La médaille est belle. Comme toujours avec ironman, elle pèse son poids. Mon précieux
. Directement récupération du t-shirt finisher et le buffet. Il y a de quoi faire niveau bouffe. Je me contente d'un sandwich. J'ai bien pigé que plus, ca passerait pas forcément
, et j'ai pas forcément une terrible faim. Faut maintenant récupérer le vélo. Je croise encore quelques personnes en course, allez c'est bon, vous allez le faire, bravo à vous. Maintenant 2 bonnes bornes pour rentrer
, et 2 étages d'escaliers à monter avec le vélo
Dans le noir car j'ai pas de lumière, heureusement les seuls voitures que je croise sont d'autres participants plutôt larges pour doubler. Une fois tout déposé, très difficile de trouver le sommeil, j'ai mal de partout. A 2H du matin, je prend finalement un doliprane pour essayer de trouver le sommeil.
Alors maintenant, j'en ai vraiment chié. Et j'ai un niveau vraiment mauvais, pourtant je pense pas pouvoir caser plus niveau entrainement (tant par le temps que par ce que je peux supporter). Peut-être c'est simplement trop dur. A voir si l'envie me prend, mais pas convaincu même posé à froid une semaine plus tard. Finalement le format half est très bon pour prendre un truc assez long, mais dans la limite du supportable. Alors, jamais 2 sans 3? On verra, mais franchement pas du tout convaincu. D'un côté, quel bonheur de terminer un truc comme ça. Mais de l'autre, pfiou c'est rude quand même.
Retour sur la course.
On aime ou pas les organisations IM. Franchement, ouais c'est très cher. Mais quelque part, c'est une magnifique machine. Tout est organisé à la perfection. Et quand, comme moi
t'es pas vraiment dans les participants de tête, t'as toujours du monde en galère avec toi, et finalement c'est bien cool ca aussi
La natation dans une rivière, ben il y a surement des beaux lacs plus sympa, mais ca fait le boulot. Le vélo, beau parcours. Hyper sécurisé, pas de voiture. Pas de passage trop chaud. Des ravitos à la pelle, des bénévoles aussi en nombre pour approvisionner. Dans la globalité, de mémoire doit y avoir 4 passages avec un peu de D+, et un seul passage un poil raide. Franchement pas de quoi fouetter un chat. J'ai entendu diverses voix "Oh le parcours pas si rapide". Mais bordel, c'est compliqué plus plat que ca quand même, il reste les landes pour être plus plat quoi
Le parcours course à pied, bon forcément l'organisation fait des boucles, bien plus pratique pour l'organisation et pour les spectateurs. Ca fait le boulot. Le côté spectacle animation musicale show, quand tu viens pas en mode ultra performance mais pour passer une bonne journée de sport, c'est bien sympathique. Je ne vois pas trop ce qu'on peut trouver à redire vraiment sur cette épreuve. Puis quel pied, du monde au moindre village sur le bord de la route, les familles sous le parasol à t'encourager. C'est vraiment une épreuve magnifique.
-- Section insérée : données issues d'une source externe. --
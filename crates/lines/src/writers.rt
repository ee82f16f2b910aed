// Each line at the start of a part that has room for the longest.
ghost use Rattle.std.specs.Prelude.{◌≡◌, ◌≤◌, length};
ghost use Rattle.lines.specs.Lines.{text};
ghost use Rattle.lines.specs.Writing.{Wrote};
ghost use Rattle.lines.specs.declared.Line.TheVariants.{Table, Release, Run, Refused};

use crate::pieces::Part;
use state::{Mode, Runner};
use units::Tick;

impl Part<'_> {
    pub(crate) fn table(&mut self, number: u8)
        requires start { self.old.at ≡ 0 }
        requires room { 64 ≤ length self.old.out.now }
        ensures { Wrote self.old self.new (text (Table number)) }
    {
        self.text(b"table");
        self.field(number);
        self.byte(b'\n');
    }

    pub(crate) fn release(&mut self, tick: Tick, position: u8, number: u8)
        requires start { self.old.at ≡ 0 }
        requires room { 64 ≤ length self.old.out.now }
        ensures { Wrote self.old self.new (text (Release tick position number)) }
    {
        self.number(tick.0);
        self.text(b" release");
        self.field(position);
        self.field(number);
        self.byte(b'\n');
    }

    pub(crate) fn run(&mut self, tick: Tick, runner: Runner, mode: Mode, speed: u8, ending: u8)
        requires start { self.old.at ≡ 0 }
        requires room { 64 ≤ length self.old.out.now }
        ensures { Wrote self.old self.new (text (Run tick runner mode speed ending)) }
    {
        self.number(tick.0);
        self.text(b" run");
        self.runner(runner);
        self.mode(mode);
        self.field(speed);
        self.field(ending);
        self.byte(b'\n');
    }

    pub(crate) fn refused(&mut self, tick: Tick, number: u8)
        requires start { self.old.at ≡ 0 }
        requires room { 64 ≤ length self.old.out.now }
        ensures { Wrote self.old self.new (text (Refused tick number)) }
    {
        self.number(tick.0);
        self.text(b" refused");
        self.field(number);
        self.byte(b'\n');
    }
}
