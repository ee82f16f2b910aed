// The pieces of a line, each written behind those before it.
ghost use Rattle.std.specs.Prelude.{◌≡◌, [], ◌∷◌, ◌+◌, ◌≤◌, ◌<◌, length};
ghost use Rattle.lines.specs.Lines.{decimal, field, runner, mode};
ghost use Rattle.lines.specs.Writing.{Wrote};

use state::{Mode, Runner};

// The lent part of the output, and where its next byte goes. Each piece asks for its own room, so that it is no invariant of the part;
// and no Formatter, whose `fmt` promises nothing of the bytes.
#[derive(Drop)]
pub(crate) struct Part<'a> {
    pub(crate) out: &'a mut [u8],
    pub(crate) at: usize,
}

impl Part<'_> {
    pub(crate) fn byte(&mut self, value: u8)
        requires { self.old.at < length self.old.out.now }
        ensures { Wrote self.old self.new (value ∷ []) }
    {
        self.out[self.at] = value;
        self.at += 1;
    }

    pub(crate) fn text(&mut self, word: &[u8])
        requires { self.old.at + length word.now ≤ length self.old.out.now }
        ensures { Wrote self.old self.new word.now }
    {
        let end = self.at + word.len();
        self.out[self.at..end].copy_from_slice(word);
        self.at = end;
    }

    // The first digit comes out of the deepest call, so that each is written in its own place. No `write!`: it would have to answer where a
    // text does not fit, and here each has room.
    pub(crate) fn number(&mut self, n: u32)
        requires { self.old.at + 10 ≤ length self.old.out.now }
        ensures wrote { Wrote self.old self.new (decimal n) }
        ensures upper_bound { self.new.at ≤ self.old.at + 10 }
    {
        if n >= 10 {
            self.number(n / 10);
        }
        self.byte(b'0' + (n % 10) as u8);
    }

    #[tactic(auto, using(crate::proofs::Laws::Pieces::wrote_more), unfolding(crate::specs::Lines::field))]
    pub(crate) fn field(&mut self, n: u8)
        requires { self.old.at + 11 ≤ length self.old.out.now }
        ensures wrote { Wrote self.old self.new (field (decimal n)) }
        ensures upper_bound { self.new.at ≤ self.old.at + 11 }
    {
        self.byte(b' ');
        self.number(u32::from(n));
    }

    #[tactic(auto, using(crate::proofs::Laws::Pieces::wrote_more), unfolding(crate::specs::Lines::field, crate::specs::Lines::runner))]
    pub(crate) fn runner(&mut self, who: Runner)
        requires { self.old.at + 11 ≤ length self.old.out.now }
        ensures wrote { Wrote self.old self.new (field (runner who)) }
        ensures upper_bound { self.new.at ≤ self.old.at + 11 }
    {
        match who {
            None => self.text(b" -"),
            Some(position) => self.field(position),
        }
    }

    #[tactic(auto, using(crate::proofs::Laws::Pieces::wrote_more), unfolding(crate::specs::Lines::field, crate::specs::Lines::mode))]
    pub(crate) fn mode(&mut self, how: Mode)
        requires { self.old.at + 2 ≤ length self.old.out.now }
        ensures wrote { Wrote self.old self.new (field (mode how)) }
        ensures upper_bound { self.new.at ≤ self.old.at + 2 }
    {
        match how {
            Mode::Independent => self.text(b" i"),
            Mode::Synchronization => self.text(b" s"),
        }
    }
}
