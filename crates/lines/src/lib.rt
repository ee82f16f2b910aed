// The lines of the listing, written into a lent part of the output.
#![tactic(auto)]

ghost use Rattle.std.specs.Prelude.{◌≡◌};
ghost use Rattle.lines.specs.Lines.{text, leaves, answers};

use pieces::Part;
use state::{Mode, Runner};
use units::Tick;

mod pieces;
mod writers;

// The numbers are those that it prints: document 01's, of a table, of a call and of an ending.
#[derive(Clone, Copy, Debug, PartialEq, Eq)]
pub enum Line {
    Table(u8),
    Release {
        tick: Tick,
        position: u8,
        number: u8,
    },
    Run {
        tick: Tick,
        runner: Runner,
        mode: Mode,
        speed: u8,
        ending: u8,
    },
    Refused {
        tick: Tick,
        number: u8,
    },
}

impl Line {
    // No line is longer. A part that has less is not written to.
    pub const ROOM: usize = 64;

    // Writes the line at the start of the part that it is lent, and answers how long it is.
    pub fn write(self, out: &mut [u8]) -> usize
        ensures { (out.new ≡ leaves 64 out.old (text self)) × (result ≡ answers 64 out.old (text self)) }
    {
        if out.len() < Self::ROOM {
            return 0;
        }
        let mut part = Part { out, at: 0 };
        match self {
            Line::Table(number) => part.table(number),
            Line::Release {
                tick,
                position,
                number,
            } => part.release(tick, position, number),
            Line::Run {
                tick,
                runner,
                mode,
                speed,
                ending,
            } => part.run(tick, runner, mode, speed, ending),
            Line::Refused { tick, number } => part.refused(tick, number),
        }
        part.at
    }
}
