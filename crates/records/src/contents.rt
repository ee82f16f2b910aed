// What a task's record and an event's bytes say.
ghost use Rattle.std.specs.Prelude.{◌≡◌, ◌+◌, ◌*◌, [], get_or};
ghost use Rattle.units.specs.{Amounts.steps, Folds.listed};
ghost use Rattle.records.specs.Bytes.{word};
ghost use Rattle.records.specs.Contents.{task, report};

use crate::bytes::{self, byte, word};
use state::Report;
use std::array;
use table::Task;
use units::{Steps, Ticks};

// The limits on the eight resources.
fn limits(bytes: &[u8]) -> [Steps; 8]
    ensures { result ≡ listed (λ k. steps (word bytes.now (16 + k * 2))) 8 }
{
    array::from_fn(|k| Steps(word(bytes, 16 + k * 2)))
}

#[tactic(auto, unfolding(crate::specs::Contents::task))]
fn task(bytes: &[u8]) -> Task
    ensures { result ≡ task bytes.now }
{
    Task {
        period: Ticks(word(bytes, 4)),
        deadline: Ticks(word(bytes, 6)),
        budget: Steps(word(bytes, 8)),
        independent: byte(bytes, 1),
        synchronization: byte(bytes, 2),
        limits: limits(bytes),
    }
}

// The table's entries, of the records of its tasks. Entries past the last are made of no bytes.
pub(crate) fn entries(records: &[[u8; 32]]) -> [Task; 16]
    ensures { result ≡ listed (λ k. task (get_or records.now k [])) 16 }
{
    array::from_fn(|k| task(bytes::at(records, k)))
}

// Of any two bytes, since a record is read before anything is known of it.
#[tactic(auto, unfolding(crate::specs::Contents::report))]
pub(crate) fn report(said: u8, resource: u8) -> Report
    ensures { result ≡ report said resource }
{
    match said {
        0 => Report::CarryOn,
        1 => Report::Done,
        2 => Report::Take(resource),
        _ => Report::Give,
    }
}
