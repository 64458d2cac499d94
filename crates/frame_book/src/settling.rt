//! What the frames make of the outcome of a claim (Een, Mishchenko, Brayton 2011, section 5).

ghost use Rattle.std.specs.Prelude.{◌≡◌, ◌≢◌, ◌⊎◌, ◌↔◌, ◌<◌, ◌≤◌, ◌+◌, ◌++◌, ◌∷◌, [], ◌^◌, ℕ, Bool, List, false, true, length, slice_index_or, vec_len, vec_capacity, All, IfOk, IfErr, OnOk, OnErr, IsTrue, Some, None, is_none, IsOk};
ghost use Rattle.clause_core.specs.Assignments.{ClauseTrue, assignment_of};
ghost use Rattle.clause_core.specs.Systems.{NextIs};
ghost use Rattle.frame_core.specs.Differences.{IsSameSystem};
ghost use Rattle.frame_core.specs.Facts.{IsPart};
ghost use Rattle.frame_core.specs.FrameLaw.{FrameState, InFrame, system_at, top_at, lemma_at, obligation_at};
ghost use Rattle.frame_core.specs.Looking.{AreCoveredBy, parent_at};
ghost use Rattle.frame_core.specs.Changes.{IsOfSystem, InsertsSame, MayHaveParent, NotesSame, with_obligation};
ghost use Rattle.frame_history.specs.declared.entries.Change.{Change as AChange};
ghost use Rattle.frame_history.specs.declared.entries.Lag.TheVariants as lag_of;
ghost use Rattle.frame_history.specs.declared.entries.Subject.TheVariants as asked;
ghost use Rattle.frame_book.specs.Claims.{IsOfSubject};
ghost use Rattle.frame_book.specs.Outcomes.{EndsIn, IsOutcomeOf};
ghost use Rattle.frame_book.specs.Book.{IsPush};
ghost use Rattle.frame_book.specs.Pages.{FitsIn};
ghost use Rattle.frame_book.specs.Steps.{adds, Comes, Retires, IsCoveredBy, AreSameLemmas, HasSettled};

use crate::claim::{Claim, ClaimOutcome};
use book_agenda::Levels;
use clause_core::{Bits, Clause};
use frame_core::{
    Clear, Insertion, Noting, Opening, Parent, Proved, ProvedParts, Raising, StateWitness, Step,
};
use frame_history::{Change, Lag, Made, Subject};
use std::alloc::{AllocError, Global};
Vous croyez que j'étais content de terminer?
Le départ. J'ai une orca et un bonnet gris.
Sortie de l'eau, c'est bon c'est fait.
Ca fonctionne bien l'appli de reconnaissance faciale sportograf, me retrouver avec un selfie sur une photo ou je suis même pas de face
Début de vélo. Ici tout est bon.
Je pense que l'estomac me dit de plus pousser, alors j'essaie d'occuper l'esprit à autre chose.
Premier tour. Sur cette passerelle un peu... bougeante.
Ouais les photos sont pas dans l'ordre
Possible qu'il y ai quelques coquilles/fautes.